# Weirdness with rc.conf



## cmpsalvestrini (Nov 14, 2019)

Hello all, total newcomer to FreeBSD, though some experience with its younger cousin, you know, the one with the penguin.

Anyhow, I want to set my FreeBSD box up to be a gateway / firewall; I am still in the phase of organizing network &c; and for some arcane that to me is not understandable I lose route definitions with every reboot. In fact, when I ping or ping6 google.com i get "no route" warnings, 100% packet loss. But after adding manually route definitions things go back to working order.
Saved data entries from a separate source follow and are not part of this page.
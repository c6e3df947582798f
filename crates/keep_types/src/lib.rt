//! The words that all layers share: the kinds of leaves and the two profiles; what is known of a text (spans,
//! statements, key parts, values and what they are in); what is known of a node (its kind, its origin, the role of a
//! key part). It knows no layer.
#![tactic(auto)]

mod kind;
mod leaf;
mod node;
mod role;
mod syntax;

pub use kind::kind_of;
pub use leaf::{Leaf, Profile};
pub use node::{Kind, NodeInfo, Origin};
pub use role::Role;
pub use syntax::{KeyPart, Owner, Span, Start, Statement, StatementKind, ValueInfo};
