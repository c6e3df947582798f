//! Questions about leaves.
use crate::row::{Answer, Row, unknown};
use keep_syntax::Limits;
use keep_token::{
    Leaf, LeafFault, Profile, decode_string, encode_int, encode_key, encode_string,
    encoded_key_len, integer_of, scan_gap, scan_key, scan_scalar, text_of,
};
use std::alloc::Global;

pub fn answer(alloc: Global, row: &Row) -> Answer {
    match row.question() {
        "gap" => gap(alloc, row.text(0), row.number(1)),
        "key" => key(alloc, row.text(0), row.number(1), row.limits(2)),
        "scalar" => scalar(alloc, row.text(0), row.number(1), row.limits(2)),
        "text" => text(alloc, row.bytes(0)),
        "integer" => format!(in alloc; "{:?}", integer_of(row.text(0))),
        "decode" => decoded(alloc, row.text(0)),
        "write string" => encode_string(alloc, row.text(0)),
        "write key" => written_key(alloc, row.text(0)),
        "write integer" => written_integer(alloc, row.text(0)),
        _ => unknown(alloc),
    }
}

// The gap at a place, its kind and its end.
fn gap(alloc: Global, text: &str, at: usize) -> Answer {
    if !text.is_char_boundary(at) {
        return String::from_str(alloc, "no place");
    }
    format!(in alloc; "{:?}", scan_gap(text, at))
}

fn key(alloc: Global, text: &str, at: usize, limits: Limits) -> Answer {
    if !text.is_char_boundary(at) {
        return String::from_str(alloc, "no place");
    }
    found(alloc, scan_key(text, at, limits.profile))
}

fn scalar(alloc: Global, text: &str, at: usize, limits: Limits) -> Answer {
    if !text.is_char_boundary(at) {
        return String::from_str(alloc, "no place");
    }
    found(alloc, scan_scalar(text, at, limits.profile))
}

// The kind of a leaf and its end, or the fault.
fn found(alloc: Global, leaf: Result<(Leaf, usize), LeafFault>) -> Answer {
    match leaf {
        Ok((leaf, end)) => format!(in alloc; "{leaf:?} {end}"),
        Err(fault) => fault.to_string(alloc),
    }
}

// The text that bytes are, or the length of their longest prefix that is text.
fn text(alloc: Global, bytes: &[u8]) -> Answer {
    format!(in alloc; "{:?}", text_of(bytes))
}

// What a string or a key part means, read as one that begins the text and takes all of it.
fn decoded(alloc: Global, text: &str) -> Answer {
    if !text.is_char_boundary(0) {
        return String::from_str(alloc, "no place");
    }
    if let Ok((leaf, end)) = scan_scalar(text, 0, Profile::Wide)
        && end == text.len()
        && (leaf == Leaf::MlBasic || leaf == Leaf::MlLiteral)
    {
        return decode_string(alloc, leaf, text);
    }
    match scan_key(text, 0, Profile::Wide) {
        Ok((leaf, end)) if end == text.len() => decode_string(alloc, leaf, text),
        _ => String::from_str(alloc, "no string"),
    }
}

// A key as it is written, after its length.
fn written_key(alloc: Global, text: &str) -> Answer {
    let key = encode_key(alloc, text)?;
    format!(in alloc; "{} {key}", encoded_key_len(text))
}

fn written_integer(alloc: Global, text: &str) -> Answer {
    match text.parse::<i64>() {
        Ok(value) => encode_int(alloc, value),
        Err(_) => String::from_str(alloc, "no integer"),
    }
}
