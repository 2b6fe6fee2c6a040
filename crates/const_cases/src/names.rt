// What names mean in the cases.
ghost use Rattle.std.specs.Prelude.{◌<◌, length, IsTrue};
ghost use Rattle.const_eval.specs.Seen.{HasNames};
ghost use Rattle.const_cases.specs.Numbered.{numbered};

use angle_arith::PiFraction;
use const_eval::{Const, Constants, Lookup};
use qasm_ast::{ExprId, Program, Word};
use std::alloc::{AllocError, Global};

/// What a name means.
#[derive(Drop)]
pub enum Named {
    /// A constant.
    Held(Const),
    /// A run-time value.
    Running,
    /// Some other thing.
    Other,
    /// Nothing.
    Unknown,
}

/// What each name of a program means, by the numbers of the names.
#[derive(Drop)]
pub struct Names {
    items: Vec<Named>,
}

impl Constants for Names {
    ghost names = { λ names. numbered 0 names.items.items };

    fn lookup(&self, name: u32) -> Lookup<'_> {
        match self.items.get(name as usize) {
            Some(Named::Held(value)) => Lookup::Value(value),
            Some(Named::Running) => Lookup::Variable,
            Some(Named::Other) => Lookup::Other,
            Some(Named::Unknown) => Lookup::Unknown,
            None => Lookup::Unknown,
        }
    }
}

impl Names {
    /// The names of a program, of which none is declared yet.
    pub fn new(alloc: Global, program: &Program) -> Result<Names, AllocError> {
        let mut items = Vec::new(alloc);
        for name in &program.names {
            items.push(predefined(name))?;
        }
        Ok(Names { items })
    }

    /// Says what a name means.
    pub fn declare(&mut self, name: u32, meaning: Named) {
        if let Some(place) = self.items.get_mut(name as usize) {
            *place = meaning;
        }
    }

    /// Whether an expression can be worked with these names: it is one of the program's, and there is a meaning for each
    /// name of the program.
    pub fn serve(&self, program: &Program, expr: ExprId) -> bool
        ensures in_range { IsTrue result → expr.0 < length program.now.exprs }
        ensures names { IsTrue result → HasNames program.now (⟦<Names as Constants>⟧.names self.now) }
    {
        (expr.0 as usize) < program.exprs.len() && self.items.len() == program.names.len()
    }
}

/// What a name means that is not declared.
fn predefined(name: &Word) -> Named {
    match name.items.as_slice() {
        b"pi" | b"\xCF\x80" => Named::Held(Const::Pi(PiFraction::pi())),
        b"tau" | b"\xCF\x84" => Named::Held(Const::Pi(PiFraction::tau())),
        _ => Named::Unknown,
    }
}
Within my rc.conf file i have configured:
defaultrouter="192.168.0.1" as my ipv4 default route and
ipv6_defaultrouter="2001:818:d9d9:ba00::1" as my default ipv6 route.
apart from the necessary, static addresses for IPv4 and IPv6 for igb0 (WAN interface). I want the igb1 interface to serve up IPv4 and IPv6 addresses over an IPv4 /16 and the ba01 subnet for my ISP assigned, /56 subnet, with further delegation to prefixes ba02 to ba05.

Am I doing things correctly here, or am I missing something obvious?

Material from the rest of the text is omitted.